Monday, February 16, 2015

FILM: 2015 Oscar-Nominated Shorts

A few years ago, some friends let us in on a secret. Some of the best films are the shorts, and the Laemmle Theaters run screenings of them every year a few weeks before the Oscars. You can see as many as a dozen great films in one evening! Last weekend, we screened all the live action and animated shorts.


PARVANEH (Talkhon Hamzavi and Stefan Eichenberger) – 25 minutes/Switzerland/Dari and German. Parvaneh, a teenage Afghan girl, is a lone refugee in Switzerland, where she attempts to navigate a cold, unfamiliar environment. When desperate and blocked in her attempts to send money home to her parents, she enlists the help of Emely, a punked-out young Swiss teen she meets on the street. What starts as a quick transaction turns into a night of new experiences and a developing friendship. The film adeptly portrays Parvaneh's initial solitude, desperation, and determination, and their transformation into tentative trust and confidence. We watch as Parvaneh (which appropriately turns out to be Dari for "butterfly") blossoms.

BUTTER LAMP (La Lampe Au Beurre De Yak) (Hu Wei and Julien Féret) – 15 minutes/France and China/Tibetan.
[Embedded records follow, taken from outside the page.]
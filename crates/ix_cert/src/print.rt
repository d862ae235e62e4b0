ghost use Rattle.std.specs.Prelude.{◌≡◌, ◌++◌, [], ◌∷◌, map, length, codes, decimal, IfOk, OnOk, Some, None};
ghost use Rattle.std.specs.List.{flat_map};
ghost use Rattle.ix_cert.specs.Layout.{mode_text, field, width_text, bound_text, op_line, edge_line, flow_line, cycle_line, block_lines, report_lines, op_lines, certificate_lines, IsInForm, IsBlockInForm, IsReportText};
ghost use Rattle.ix_cert.specs.Printing.{time_field, time_at as specified_time_at, IsWithin, IsPrintable, ArePrintable};
ghost use Rattle.ix_lines.specs.Lines.{text_of};

use crate::report::{Report, ReportBlock};
use crate::state::is_weighted;
use itoa::Buffer;
use ix_bits::{List, Memory};
use ix_graph::Mode;
use ix_sheet::{Bound, Node};
use std::alloc::Global;

fn put(out: &mut Vec<u8>, text: &str) -> Result<(), Memory>
    ensures { OnOk result (out.new.items ≡ out.old.items ++ text.now) }
{
    match out.extend_from_slice(text.as_bytes()) {
        Ok(()) => Ok(()),
        Err(_) => Err(Memory),
    }
}

fn mode_word(mode: Option<Mode>) -> &'static str
    ensures { result.now ≡ mode_text mode }
{
    match mode {
        None => "none",
        Some(Mode::InPipeline) => "InPipeline",
        Some(Mode::Tight) => "Tight",
        Some(Mode::Decoupled) => "Decoupled",
        Some(Mode::Always) => "Always",
    }
}

/// Appends a space and a number.
fn put_field(out: &mut Vec<u8>, number: u64) -> Result<(), Memory>
    ensures { OnOk result (out.new.items ≡ out.old.items ++ field number) }
{
    put(out, " ")?;
    put(out, Buffer::new().format(number))
}

/// Appends a label with a number behind it.
fn put_labelled(out: &mut Vec<u8>, label: &str, number: u64) -> Result<(), Memory>
    ensures { OnOk result (out.new.items ≡ out.old.items ++ (label.now ++ field number)) }
{
    put(out, label)?;
    put_field(out, number)
}

fn put_path(out: &mut Vec<u8>, path: &[u32]) -> Result<(), Memory>
    ensures { OnOk result (out.new.items ≡ out.old.items ++ flat_map field path.now) }
{
    for op in path {
        put_field(out, u64::from(*op))?;
    }
    Ok(())
}

fn put_bound(out: &mut Vec<u8>, bound: &Bound) -> Result<(), Memory>
    ensures { OnOk result (out.new.items ≡ out.old.items ++ bound_text bound.now) }
{
    match bound {
        Bound::Early(op) => put_labelled(out, "early", u64::from(*op)),
        Bound::Late(op) => put_labelled(out, "late", u64::from(*op)),
        Bound::Dep(from, to) => {
            put_labelled(out, "dep", u64::from(*from))?;
            put_field(out, u64::from(*to))
        }
        Bound::Chain(path) => {
            put(out, "chain")?;
            put_path(out, path.as_slice())
        }
    }
}

/// Appends a weight, where weights are told.
fn put_width(out: &mut Vec<u8>, weighted: bool, weight: u8) -> Result<(), Memory>
    ensures { OnOk result (out.new.items ≡ out.old.items ++ width_text weighted weight) }
{
    if weighted {
        put_labelled(out, " width", u64::from(weight))
    } else {
        Ok(())
    }
}

/// Appends the numbers of an operation.
fn put_node(out: &mut Vec<u8>, weighted: bool, node: &Node) -> Result<(), Memory>
    ensures { OnOk result (out.new.items ≡ out.old.items ++ (codes " delay" ++ field node.now.delay ++ codes " latency" ++ field node.now.latency ++ width_text weighted node.now.weight ++ codes " early" ++ field node.now.early ++ codes " late" ++ field node.now.late)) }
{
    put_labelled(out, " delay", u64::from(node.delay))?;
    put_labelled(out, " latency", u64::from(node.latency))?;
    put_width(out, weighted, node.weight)?;
    put_labelled(out, " early", u64::from(node.early))?;
    put_labelled(out, " late", u64::from(node.late))
}

fn put_time(out: &mut Vec<u8>, time: Option<u8>) -> Result<(), Memory>
    ensures { OnOk result (out.new.items ≡ out.old.items ++ time_field time) }
{
    match time {
        Some(time) => put_labelled(out, " time", u64::from(time)),
        None => Ok(()),
    }
}

fn put_op(
    out: &mut Vec<u8>,
    weighted: bool,
    place: u64,
    kind: &str,
    node: &Node,
    time: Option<u8>,
) -> Result<(), Memory>
    ensures { OnOk result (out.new.items ≡ out.old.items ++ (op_line weighted place kind.now node.now (time_field time) ++ 10 ∷ [])) }
{
    put_labelled(out, "op", place)?;
    put(out, " ")?;
    put(out, kind)?;
    put_node(out, weighted, node)?;
    put_time(out, time)?;
    put(out, "\n")
}

fn time_at(mode: Option<Mode>, times: &[u8], place: usize) -> Option<u8>
    requires { IsWithin mode place (length times.now) }
    ensures { result ≡ specified_time_at mode times.now place }
{
    match mode {
        Some(_) => Some(times[place]),
        None => None,
    }
}

fn put_ops(out: &mut Vec<u8>, weighted: bool, block: &ReportBlock) -> Result<(), Memory>
    requires { IsPrintable block.now }
    ensures { OnOk result (out.new.items ≡ out.old.items ++ text_of (op_lines weighted block.now block.now.mode)) }
{
    let kinds = block.kinds.as_slice();
    let times = block.times.as_slice();
    for (place, node) in block.problem.ops.as_slice().iter().enumerate() {
        let time = time_at(block.mode, times, place);
        put_op(
            out,
            weighted,
            place as u64,
            kinds[place].as_str(),
            node,
            time,
        )?;
    }
    Ok(())
}

fn put_edges(out: &mut Vec<u8>, edges: &[(u32, u32)]) -> Result<(), Memory>
    ensures { OnOk result (out.new.items ≡ out.old.items ++ text_of (map edge_line edges.now)) }
{
    for (from, to) in edges {
        put_labelled(out, "edge", u64::from(*from))?;
        put_field(out, u64::from(*to))?;
        put(out, "\n")?;
    }
    Ok(())
}

fn put_flow(out: &mut Vec<u8>, flow: &[(Bound, u64)]) -> Result<(), Memory>
    ensures { OnOk result (out.new.items ≡ out.old.items ++ text_of (map flow_line flow.now)) }
{
    for (bound, amount) in flow {
        put_labelled(out, "flow", *amount)?;
        put(out, " ")?;
        put_bound(out, bound)?;
        put(out, "\n")?;
    }
    Ok(())
}

fn put_cycle(out: &mut Vec<u8>, cycle: &[Bound]) -> Result<(), Memory>
    ensures { OnOk result (out.new.items ≡ out.old.items ++ text_of (map cycle_line cycle.now)) }
{
    for bound in cycle {
        put(out, "cycle ")?;
        put_bound(out, bound)?;
        put(out, "\n")?;
    }
    Ok(())
}

fn put_certificate(out: &mut Vec<u8>, block: &ReportBlock) -> Result<(), Memory>
    ensures { OnOk result (out.new.items ≡ out.old.items ++ text_of (certificate_lines block.now block.now.mode)) }
{
    match block.mode {
        Some(_) => {
            put_labelled(out, "cost", block.cost)?;
            put(out, "\n")?;
            put_flow(out, block.flow.as_slice())
        }
        None => put_cycle(out, block.cycle.as_slice()),
    }
}

fn put_head(out: &mut Vec<u8>, name: &str, mode: Option<Mode>) -> Result<(), Memory>
    ensures { OnOk result (out.new.items ≡ out.old.items ++ ((codes "behaviour " ++ name.now ++ codes " " ++ mode_text mode) ++ 10 ∷ [])) }
{
    put(out, "behaviour ")?;
    put(out, name)?;
    put(out, " ")?;
    put(out, mode_word(mode))?;
    put(out, "\n")
}

fn put_block(out: &mut Vec<u8>, weighted: bool, block: &ReportBlock) -> Result<(), Memory>
    requires { IsPrintable block.now }
    ensures { OnOk result (out.new.items ≡ out.old.items ++ text_of (block_lines weighted block.now)) }
{
    put_head(out, block.name.as_str(), block.mode)?;
    put_ops(out, weighted, block)?;
    put_edges(out, block.problem.edges.as_slice())?;
    put_certificate(out, block)?;
    put(out, "end\n")
}

fn put_blocks(out: &mut Vec<u8>, weighted: bool, blocks: &[ReportBlock]) -> Result<(), Memory>
    requires { ArePrintable blocks.now }
    ensures { OnOk result (out.new.items ≡ out.old.items ++ text_of (flat_map (block_lines weighted) blocks.now)) }
{
    for block in blocks {
        put_block(out, weighted, block)?;
    }
    Ok(())
}

fn put_report(out: &mut Vec<u8>, report: &Report) -> Result<(), Memory>
    requires { ArePrintable report.now.blocks }
    ensures { OnOk result (out.new.items ≡ out.old.items ++ text_of (report_lines report.now)) }
{
    put_labelled(out, "longnail report", u64::from(report.version))?;
    put(out, "\n")?;
    put_labelled(out, "period", u64::from(report.period))?;
    put(out, "\n")?;
    put_blocks(out, is_weighted(report.version), report.blocks.as_slice())
}

/// The text of a report in the range of its form: each line with a line feed behind it.
pub fn print_report(alloc: Global, report: &Report) -> Result<List<u8>, Memory>
    requires { IsInForm report.now }
    ensures lines { IfOk result (λ text. text ≡ flat_map (λ line. line ++ 10 ∷ []) (report_lines report.now)) }
    ensures text { IfOk result (λ text. IsReportText text report.now) }
{
    let mut out = Vec::new(alloc);
    put_report(&mut out, report)?;
    Ok(List::from_vec(out))
}
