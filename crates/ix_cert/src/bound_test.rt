ghost use Rattle.std.specs.Prelude.{◌≡◌, ◌<◌, ◌≤◌, length, All, AllPairs};
ghost use Rattle.ix_sheet.specs.Schedules.{delay_along};
ghost use Rattle.ix_cert.specs.Layout.{IsBefore, IsBoundInForm};
ghost use Rattle.ix_cert.specs.Checks.{is_before, has_edge, is_joined, has_all_runs, names_bound};

use ix_sheet::{Bound, Problem};

// Whether an edge stands before another: by the end, and then by the start.
fn is_before(edge: (u32, u32), other: (u32, u32)) -> bool
    ensures { result ≡ is_before edge other }
{
    edge.1 < other.1 || (edge.1 == other.1 && edge.0 < other.0)
}

// Whether the edges, which are in order, have this one.
fn has_edge_among(edges: &[(u32, u32)], edge: (u32, u32)) -> bool
    requires { AllPairs IsBefore edges.now }
    ensures { result ≡ has_edge edges.now edge.0 edge.1 }
{
    let mut low = 0;
    let mut high = edges.len();
    'halves: while low < high {
        let middle = low + (high - low) / 2;
        let found = edges[middle];
        if found == edge {
            return true;
        }
        if is_before(found, edge) {
            low = middle + 1;
        } else {
            high = middle;
        }
    }
    false
}

// Whether a free edge joins the operations.
fn is_joined(p: &Problem, from: u32, to: u32) -> bool
    requires ordered { AllPairs IsBefore p.now.edges }
    requires below { from < length p.now.ops }
    ensures { result ≡ is_joined p.now from to }
{
    has_edge_among(p.edges.as_slice(), (from, to)) && p.ops.as_slice()[from as usize].latency == 0
}

// Whether each operation of the path but the first is joined to the one before it by a free edge.
fn runs(p: &Problem, path: &[u32]) -> bool
    requires ordered { AllPairs IsBefore p.now.edges }
    requires below { All (λ k. k < length p.now.ops) path.now }
    ensures { result ≡ has_all_runs p.now path.now }
{
    'steps: for at in 1..path.len() {
        if !is_joined(p, path[at - 1], path[at]) {
            return false;
        }
    }
    true
}

// The delays of the operations of a path, one after the other.
fn delay_of(p: &Problem, path: &[u32]) -> u128
    requires { All (λ k. k < length p.now.ops) path.now }
    ensures { result ≡ delay_along p.now path.now }
{
    let ops = p.ops.as_slice();
    let mut sum = 0;
    'path: for op in path {
        sum += u128::from(ops[*op as usize].delay);
    }
    sum
}

/// Whether the bound, whose operations there are, is one of the problem, whose edges are in order.
pub(crate) fn is_bound(p: &Problem, bound: &Bound) -> bool
    requires ordered { AllPairs IsBefore p.now.edges }
    requires form { IsBoundInForm (length p.now.ops) bound.now }
    ensures { result ≡ names_bound p.now bound.now }
{
    match bound {
        Bound::Early(_) | Bound::Late(_) => true,
        Bound::Dep(from, to) => has_edge_among(p.edges.as_slice(), (*from, *to)),
        Bound::Chain(path) => {
            let path = path.as_slice();
            runs(p, path) && u128::from(p.period) < delay_of(p, path)
        }
    }
}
This film consists solely in watching a traveling portrait photographer take photos of various families in a remote Tibetan village, posing them, choosing an artificial backdrop, and "click", next. The premise sounds dry on the face of it, but it was surprisingly charming. The village is full of characters, and just in the minute or two that the photographer spends with each of them, you get a glimpse of their character. It will make you smile.

THE PHONE CALL (Mat Kirkby and James Lucas) – 21 minutes/UK/English. A young woman working at a suicide hotline gets a phone call that changes her life. The scope of story and emotion that is packed into this 21-minute film is impressive, heart-breaking, and touching. I think this may have been my favorite.

AYA (Oded Binnun and Mihal Brezis) – 39 minutes/Israel and France/English, Hebrew, Danish. Aya is an intriguing enigma, a woman who feels more connected to strangers than she does to her own family and friends. We learn this over the course of a car ride to Jerusalem from Tel Aviv airport, where she has gone to pick up her husband but instead capriciously gives a stranger a ride.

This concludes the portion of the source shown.